To do: An exact repetition of all the entries that follow is required.
BEGIN Given entries
use std::alloc::AllocError;
use std::io;
use thiserror::Error;

/// Why a journal was not read, opened or added to.
#[derive(Clone, Copy, Debug, Error)]
pub enum JournalError {
    /// The file failed at a call. It is to be opened again.
    #[error("{0}")]
    File(io::Error),
    /// The first line is no heading of a journal of this version.
    #[error("the file is no journal of a plan")]
    NoHeading,
    /// The line of this number is damaged, the heading's being the first: no crash leaves such a file.
    #[error("line {0} is damaged")]
    Damaged(usize),
    /// The journal has 2^60 bytes or more.
    #[error("the journal is too long")]
    TooLong,
    /// A line has no room in a batch: it has more than 65,536 bytes.
    #[error("a line is too long")]
    LongLine,
    /// Memory was refused.
    #[error("out of memory")]
    OutOfMemory,
}

impl From<io::Error> for JournalError {
    ghost use Rattle.std.specs.Prelude.{◌≡◌};
    ghost use Rattle.pf_journal.specs.declared.journal_error.JournalError.TheVariants.{File};

    ghost from_gives = { λ e j. j ≡ File e };

    fn from(error: io::Error) -> Self {
        JournalError::File(error)
    }
}

impl From<AllocError> for JournalError {
    ghost use Rattle.std.specs.Prelude.{◌≡◌};
    ghost use Rattle.pf_journal.specs.declared.journal_error.JournalError.TheVariants.{OutOfMemory};

    ghost from_gives = { λ _ j. j ≡ OutOfMemory };

    fn from(_error: AllocError) -> Self {
        JournalError::OutOfMemory
    }
}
END Given entries
Exercise answer:
use std::alloc::AllocError;
use std::io;
use thiserror::Error;

/// Why a journal was not read, opened or added to.
#[derive(Clone, Copy, Debug, Error)]
pub enum JournalError {
    /// The file failed at a call. It is to be opened again.
    #[error("{0}")]
    File(io::Error),
    /// The first line is no heading of a journal of this version.
    #[error("the file is no journal of a plan")]
    NoHeading,
    /// The line of this number is damaged, the heading's being the first: no crash leaves such a file.
    #[error("line {0} is damaged")]
    Damaged(usize),
    /// The journal has 2^60 bytes or more.
    #[error("the journal is too long")]
    TooLong,
    /// A line has no room in a batch: it has more than 65,536 bytes.
    #[error("a line is too long")]
    LongLine,
    /// Memory was refused.
    #[error("out of memory")]
    OutOfMemory,
}

impl From<io::Error> for JournalError {
    ghost use Rattle.std.specs.Prelude.{◌≡◌};
    ghost use Rattle.pf_journal.specs.declared.journal_error.JournalError.TheVariants.{File};

    ghost from_gives = { λ e j. j ≡ File e };

    fn from(error: io::Error) -> Self {
        JournalError::File(error)
    }
}

impl From<AllocError> for JournalError {
    ghost use Rattle.std.specs.Prelude.{◌≡◌};
    ghost use Rattle.pf_journal.specs.declared.journal_error.JournalError.TheVariants.{OutOfMemory};

    ghost from_gives = { λ _ j. j ≡ OutOfMemory };

    fn from(_error: AllocError) -> Self {
        JournalError::OutOfMemory
    }
}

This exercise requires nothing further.